For the data below, work out how many lines contain the word "reference" and supply only that number.

** Data section follows **

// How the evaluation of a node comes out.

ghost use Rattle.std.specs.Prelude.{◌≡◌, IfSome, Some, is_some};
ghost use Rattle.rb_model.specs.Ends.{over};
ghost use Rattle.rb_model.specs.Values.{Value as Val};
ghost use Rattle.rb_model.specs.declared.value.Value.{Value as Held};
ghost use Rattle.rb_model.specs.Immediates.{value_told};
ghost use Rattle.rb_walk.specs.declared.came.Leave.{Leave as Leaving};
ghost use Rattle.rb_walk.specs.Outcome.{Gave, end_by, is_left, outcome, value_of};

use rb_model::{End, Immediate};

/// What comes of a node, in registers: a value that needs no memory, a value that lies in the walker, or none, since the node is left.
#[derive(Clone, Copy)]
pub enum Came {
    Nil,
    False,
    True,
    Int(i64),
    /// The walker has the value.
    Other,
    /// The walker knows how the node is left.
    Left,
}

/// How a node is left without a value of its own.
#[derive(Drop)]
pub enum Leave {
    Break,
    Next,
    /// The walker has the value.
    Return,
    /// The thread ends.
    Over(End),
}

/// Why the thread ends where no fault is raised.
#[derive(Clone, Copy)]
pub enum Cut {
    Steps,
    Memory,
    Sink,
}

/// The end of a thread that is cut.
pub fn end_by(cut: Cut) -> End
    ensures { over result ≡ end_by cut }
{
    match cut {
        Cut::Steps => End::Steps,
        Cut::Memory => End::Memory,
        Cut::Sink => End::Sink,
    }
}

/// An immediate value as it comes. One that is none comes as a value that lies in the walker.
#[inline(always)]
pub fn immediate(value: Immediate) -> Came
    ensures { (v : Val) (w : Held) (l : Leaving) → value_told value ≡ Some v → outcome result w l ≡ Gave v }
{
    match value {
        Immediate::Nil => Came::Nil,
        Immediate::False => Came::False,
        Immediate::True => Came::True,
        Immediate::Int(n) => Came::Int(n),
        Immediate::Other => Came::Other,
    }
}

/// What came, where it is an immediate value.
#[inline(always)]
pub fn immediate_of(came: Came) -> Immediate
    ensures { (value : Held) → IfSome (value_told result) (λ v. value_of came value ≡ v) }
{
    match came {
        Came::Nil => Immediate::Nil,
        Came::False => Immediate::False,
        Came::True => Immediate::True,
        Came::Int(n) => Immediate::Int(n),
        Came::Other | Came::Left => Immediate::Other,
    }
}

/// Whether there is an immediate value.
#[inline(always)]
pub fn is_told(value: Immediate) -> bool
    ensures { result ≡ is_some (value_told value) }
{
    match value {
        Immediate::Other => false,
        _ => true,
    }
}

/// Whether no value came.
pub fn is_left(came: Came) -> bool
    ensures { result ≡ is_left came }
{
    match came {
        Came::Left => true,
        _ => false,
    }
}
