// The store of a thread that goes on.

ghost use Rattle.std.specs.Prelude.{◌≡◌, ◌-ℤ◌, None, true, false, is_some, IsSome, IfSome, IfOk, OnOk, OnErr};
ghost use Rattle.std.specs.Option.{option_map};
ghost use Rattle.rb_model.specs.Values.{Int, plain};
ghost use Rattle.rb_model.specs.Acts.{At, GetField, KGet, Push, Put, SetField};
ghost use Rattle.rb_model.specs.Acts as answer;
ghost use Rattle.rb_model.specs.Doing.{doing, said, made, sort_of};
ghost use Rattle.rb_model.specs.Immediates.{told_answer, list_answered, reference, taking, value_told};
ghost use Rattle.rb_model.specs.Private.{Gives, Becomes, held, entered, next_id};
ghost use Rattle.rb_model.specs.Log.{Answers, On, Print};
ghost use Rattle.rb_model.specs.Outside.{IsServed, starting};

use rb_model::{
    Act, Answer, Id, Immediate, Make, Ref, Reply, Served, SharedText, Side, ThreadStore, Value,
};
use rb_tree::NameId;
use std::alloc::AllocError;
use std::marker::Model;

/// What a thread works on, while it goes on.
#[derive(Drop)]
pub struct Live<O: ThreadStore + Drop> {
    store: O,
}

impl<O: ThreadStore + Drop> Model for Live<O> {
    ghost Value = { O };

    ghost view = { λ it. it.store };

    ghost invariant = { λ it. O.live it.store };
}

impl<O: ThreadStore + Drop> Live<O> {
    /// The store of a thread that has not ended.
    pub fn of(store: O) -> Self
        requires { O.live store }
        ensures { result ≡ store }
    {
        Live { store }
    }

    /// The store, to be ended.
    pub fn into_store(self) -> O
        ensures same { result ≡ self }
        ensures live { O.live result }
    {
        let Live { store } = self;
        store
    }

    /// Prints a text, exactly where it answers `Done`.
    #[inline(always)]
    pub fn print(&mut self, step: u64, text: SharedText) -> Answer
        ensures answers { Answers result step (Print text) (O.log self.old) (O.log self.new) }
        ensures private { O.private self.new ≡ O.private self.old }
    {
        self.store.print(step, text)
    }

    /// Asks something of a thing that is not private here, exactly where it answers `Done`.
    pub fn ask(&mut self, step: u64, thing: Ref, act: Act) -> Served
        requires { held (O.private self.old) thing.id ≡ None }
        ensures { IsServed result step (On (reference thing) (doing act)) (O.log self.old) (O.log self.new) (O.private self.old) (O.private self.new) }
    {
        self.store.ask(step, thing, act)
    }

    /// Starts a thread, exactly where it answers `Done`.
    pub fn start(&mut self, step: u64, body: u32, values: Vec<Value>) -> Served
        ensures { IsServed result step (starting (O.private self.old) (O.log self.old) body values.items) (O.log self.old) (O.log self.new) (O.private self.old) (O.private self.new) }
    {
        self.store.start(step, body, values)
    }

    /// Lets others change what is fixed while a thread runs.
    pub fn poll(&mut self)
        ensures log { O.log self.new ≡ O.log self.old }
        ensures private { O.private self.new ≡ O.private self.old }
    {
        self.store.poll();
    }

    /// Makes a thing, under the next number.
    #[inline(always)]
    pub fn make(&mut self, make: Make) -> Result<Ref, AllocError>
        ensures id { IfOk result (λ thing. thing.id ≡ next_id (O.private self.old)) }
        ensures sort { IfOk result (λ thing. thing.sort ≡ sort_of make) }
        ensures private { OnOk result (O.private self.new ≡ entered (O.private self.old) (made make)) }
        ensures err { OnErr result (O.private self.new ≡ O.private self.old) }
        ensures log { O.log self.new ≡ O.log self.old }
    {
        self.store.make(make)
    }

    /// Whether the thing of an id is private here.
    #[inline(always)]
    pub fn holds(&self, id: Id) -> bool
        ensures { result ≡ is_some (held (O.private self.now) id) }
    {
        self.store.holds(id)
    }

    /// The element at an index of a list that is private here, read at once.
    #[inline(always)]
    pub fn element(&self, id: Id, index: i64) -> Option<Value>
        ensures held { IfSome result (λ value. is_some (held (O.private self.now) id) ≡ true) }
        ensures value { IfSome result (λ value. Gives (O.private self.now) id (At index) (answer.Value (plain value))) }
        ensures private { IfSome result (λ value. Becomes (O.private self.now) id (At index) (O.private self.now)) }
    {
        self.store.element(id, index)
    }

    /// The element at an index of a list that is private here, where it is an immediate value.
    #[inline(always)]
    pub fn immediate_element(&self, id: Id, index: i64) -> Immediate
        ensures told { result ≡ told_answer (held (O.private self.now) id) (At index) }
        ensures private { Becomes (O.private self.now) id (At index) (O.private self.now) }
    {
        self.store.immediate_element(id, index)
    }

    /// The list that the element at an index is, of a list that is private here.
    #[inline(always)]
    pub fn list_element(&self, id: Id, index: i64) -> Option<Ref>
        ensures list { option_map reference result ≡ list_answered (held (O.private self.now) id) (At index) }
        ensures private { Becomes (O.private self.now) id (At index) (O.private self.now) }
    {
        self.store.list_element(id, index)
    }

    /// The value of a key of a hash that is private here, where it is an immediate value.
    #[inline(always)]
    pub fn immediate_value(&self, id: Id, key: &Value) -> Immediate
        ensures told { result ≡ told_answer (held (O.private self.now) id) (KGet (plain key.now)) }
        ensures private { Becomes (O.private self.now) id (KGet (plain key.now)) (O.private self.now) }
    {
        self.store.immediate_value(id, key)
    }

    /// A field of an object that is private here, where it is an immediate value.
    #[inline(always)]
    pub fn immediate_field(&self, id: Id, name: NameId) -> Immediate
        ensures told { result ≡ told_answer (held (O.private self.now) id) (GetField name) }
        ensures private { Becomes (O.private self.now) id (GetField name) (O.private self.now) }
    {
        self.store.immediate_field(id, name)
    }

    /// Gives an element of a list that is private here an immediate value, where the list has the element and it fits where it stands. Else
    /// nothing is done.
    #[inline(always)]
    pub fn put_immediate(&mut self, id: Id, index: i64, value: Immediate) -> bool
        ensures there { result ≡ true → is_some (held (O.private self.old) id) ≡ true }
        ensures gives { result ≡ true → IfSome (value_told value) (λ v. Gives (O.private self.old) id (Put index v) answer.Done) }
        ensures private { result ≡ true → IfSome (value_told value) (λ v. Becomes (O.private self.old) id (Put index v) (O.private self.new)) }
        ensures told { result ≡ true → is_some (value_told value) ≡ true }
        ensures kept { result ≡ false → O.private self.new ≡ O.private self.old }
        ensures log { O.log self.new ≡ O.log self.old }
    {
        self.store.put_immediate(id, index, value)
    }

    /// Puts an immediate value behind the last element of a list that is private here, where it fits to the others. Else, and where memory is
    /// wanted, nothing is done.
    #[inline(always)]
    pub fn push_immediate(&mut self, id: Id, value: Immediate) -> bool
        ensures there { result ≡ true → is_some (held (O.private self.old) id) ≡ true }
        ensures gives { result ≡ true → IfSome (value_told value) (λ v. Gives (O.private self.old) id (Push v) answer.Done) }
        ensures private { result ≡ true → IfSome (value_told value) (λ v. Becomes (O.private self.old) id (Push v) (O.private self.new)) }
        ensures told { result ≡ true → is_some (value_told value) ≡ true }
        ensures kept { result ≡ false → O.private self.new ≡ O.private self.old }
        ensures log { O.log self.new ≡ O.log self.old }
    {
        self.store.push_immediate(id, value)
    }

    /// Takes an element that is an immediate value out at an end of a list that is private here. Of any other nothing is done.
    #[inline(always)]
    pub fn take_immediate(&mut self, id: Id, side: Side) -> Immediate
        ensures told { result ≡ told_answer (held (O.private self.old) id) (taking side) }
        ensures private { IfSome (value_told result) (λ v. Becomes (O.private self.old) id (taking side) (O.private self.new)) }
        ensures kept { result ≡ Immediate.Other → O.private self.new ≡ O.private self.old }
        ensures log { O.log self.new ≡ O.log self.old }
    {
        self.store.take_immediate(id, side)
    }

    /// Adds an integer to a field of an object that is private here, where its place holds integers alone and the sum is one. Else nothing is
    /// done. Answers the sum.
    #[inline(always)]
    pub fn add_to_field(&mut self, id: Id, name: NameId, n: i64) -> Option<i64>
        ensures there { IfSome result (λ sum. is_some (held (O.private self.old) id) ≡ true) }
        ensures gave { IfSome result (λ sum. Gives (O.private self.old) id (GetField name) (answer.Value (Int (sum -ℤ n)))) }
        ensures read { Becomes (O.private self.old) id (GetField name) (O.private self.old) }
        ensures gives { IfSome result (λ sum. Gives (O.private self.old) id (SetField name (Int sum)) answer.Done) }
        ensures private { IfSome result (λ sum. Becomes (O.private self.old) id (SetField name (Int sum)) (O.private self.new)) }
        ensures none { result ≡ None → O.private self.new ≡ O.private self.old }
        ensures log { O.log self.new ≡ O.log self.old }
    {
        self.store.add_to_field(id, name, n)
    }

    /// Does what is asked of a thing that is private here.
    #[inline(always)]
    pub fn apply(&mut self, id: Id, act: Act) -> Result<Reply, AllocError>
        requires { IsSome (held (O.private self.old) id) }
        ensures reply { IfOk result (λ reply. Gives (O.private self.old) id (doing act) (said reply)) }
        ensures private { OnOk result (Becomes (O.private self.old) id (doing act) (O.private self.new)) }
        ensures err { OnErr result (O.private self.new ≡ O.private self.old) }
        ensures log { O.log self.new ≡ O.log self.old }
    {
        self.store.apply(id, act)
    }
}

** End of Data section **

### Task output
3